TRT concurrently

I saw a respond that sad “Enqueue is an asynchronous call, and you can launch multiple enqueue jobs with different buffers concurrently.” But in my project the kernel function can run concurrently,the TRT can not. I don not why and how can I deal it

Hi,

Do you enqueue the buffer with different CUDA stream?
Please noted that you will need to use different stream to make it parallel.
https://docs.nvidia.com/deeplearning/tensorrt/api/c_api/classnvinfer1_1_1_i_execution_context.html#aaf0b8fd7435076a3e7dd89bd19b0f1c9

Thanks.

Of cource, diffience cuda stream ,diffience buffer, diffience context .And I saw many issues like this,for example Can't infer concurrently · Issue #1218 · NVIDIA/TensorRT · GitHub

Hi,

May I know the complexity of your model?
Since Jetson has relatively limited resource, CUDA task may need to wait for GPU in turn.

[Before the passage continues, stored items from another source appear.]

#[cycle(nodes)]
fn write_inner(
    alloc: Global,
    folder: &mut MemFolder,
    writer: &mut Writer,
    begin: (&Label, &Option<VersionSet>, &VersionSet),
    nodes: &[Node],
) -> Result<(), WriteFault>
    requires label { IsShapedLabel (label_view begin.0.now) }
    requires leaf { (writer_view writer.old).leaf ≡ None }
    ensures leaf { OnOk result ((writer_view writer.new).leaf ≡ None) }
    ensures inners { OnOk result
        ((writer_view writer.new).inners ≡ (writer_view writer.old).inners) }
{
    let (label, stamp, set) = begin;
    writer.inner(folder, LabelFrom::New(label), stamp, set)?;
    write_nodes(alloc, folder, writer, nodes)?;
    writer.end_inner(folder)
}

#[cycle(nodes)]
fn write_node(
    alloc: Global,
    folder: &mut MemFolder,
    writer: &mut Writer,
    node: &Node,
) -> Result<(), WriteFault>
    requires { (writer_view writer.old).leaf ≡ None }
    ensures leaf { OnOk result ((writer_view writer.new).leaf ≡ None) }
    ensures inners { OnOk result
        ((writer_view writer.new).inners ≡ (writer_view writer.old).inners) }
{
    let label = tag(alloc, node.0)?;
    let (stamp, set) = (stamp(alloc, node.1), set(alloc, node.2));
    let begin = (&label, &stamp, &set);
    match &node.3 {
        Below::Nodes(nodes) => write_inner(alloc, folder, writer, begin, nodes),
        Below::Alternatives(rows) => write_leaf(alloc, folder, writer, begin, rows),
    }
}

#[cycle(nodes)]
fn write_nodes(
    alloc: Global,
    folder: &mut MemFolder,
    writer: &mut Writer,
    nodes: &[Node],
) -> Result<(), WriteFault>
    requires { (writer_view writer.old).leaf ≡ None }
    ensures leaf { OnOk result ((writer_view writer.new).leaf ≡ None) }
    ensures inners { OnOk result
        ((writer_view writer.new).inners ≡ (writer_view writer.old).inners) }
{
    for node in nodes {
        write_node(alloc, folder, writer, node)?;
    }
    Ok(())
}

// A file of so many versions with these nodes.
fn write_file(
    alloc: Global,
    folder: &mut MemFolder,
    spec: &Spec,
    n: u32,
    nodes: &[Node],
) -> Result<(), WriteFault> {
    let mut writer = Writer::start(alloc, folder, spec, n)?;
    write_nodes(alloc, folder, &mut writer, nodes)?;
    writer.finish(folder)
}

// The five records of the file of one version.
pub(crate) fn write_tiny(
    alloc: Global,
    folder: &mut MemFolder,
    spec: &Spec,
) -> Result<(), WriteFault> {
    write_file(alloc, folder, spec, 1, EMPTY)
}

pub(crate) fn parsed(alloc: Global, text: &[u8]) -> Result<Spec, Fail> {
    if text.len() > 1_048_576 {
        return Err("too long".into());
    }
    Ok(Spec::parse(alloc, text)?)
}

fn begun(alloc: Global) -> Result<MemFolder, Fail> {
    let mut folder = MemFolder::new(alloc, Vec::new(alloc));
    folder.begin()?;
    Ok(folder)
}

You will also need to use multi-thread in the same process since one process creates one CUDA context.
The GPU resource for different CUDA contexts are time-sliced, indicating the kernel can’t run in parallel:
https://docs.nvidia.com/cuda/cuda-c-best-practices-guide/index.html#multiple-contexts

Thanks.

The model is complex,like yolov4.but I use the GPU 2080ti.Is the reason for resource constraints?

Hi,

Sorry that the suggestion is based on Jetson embedded platform.
Since you are using a desktop GPU, please post your question on the desktop board instead:

Thanks.

Thank you for your patience

This topic was automatically closed 60 days after the last reply. New replies are no longer allowed.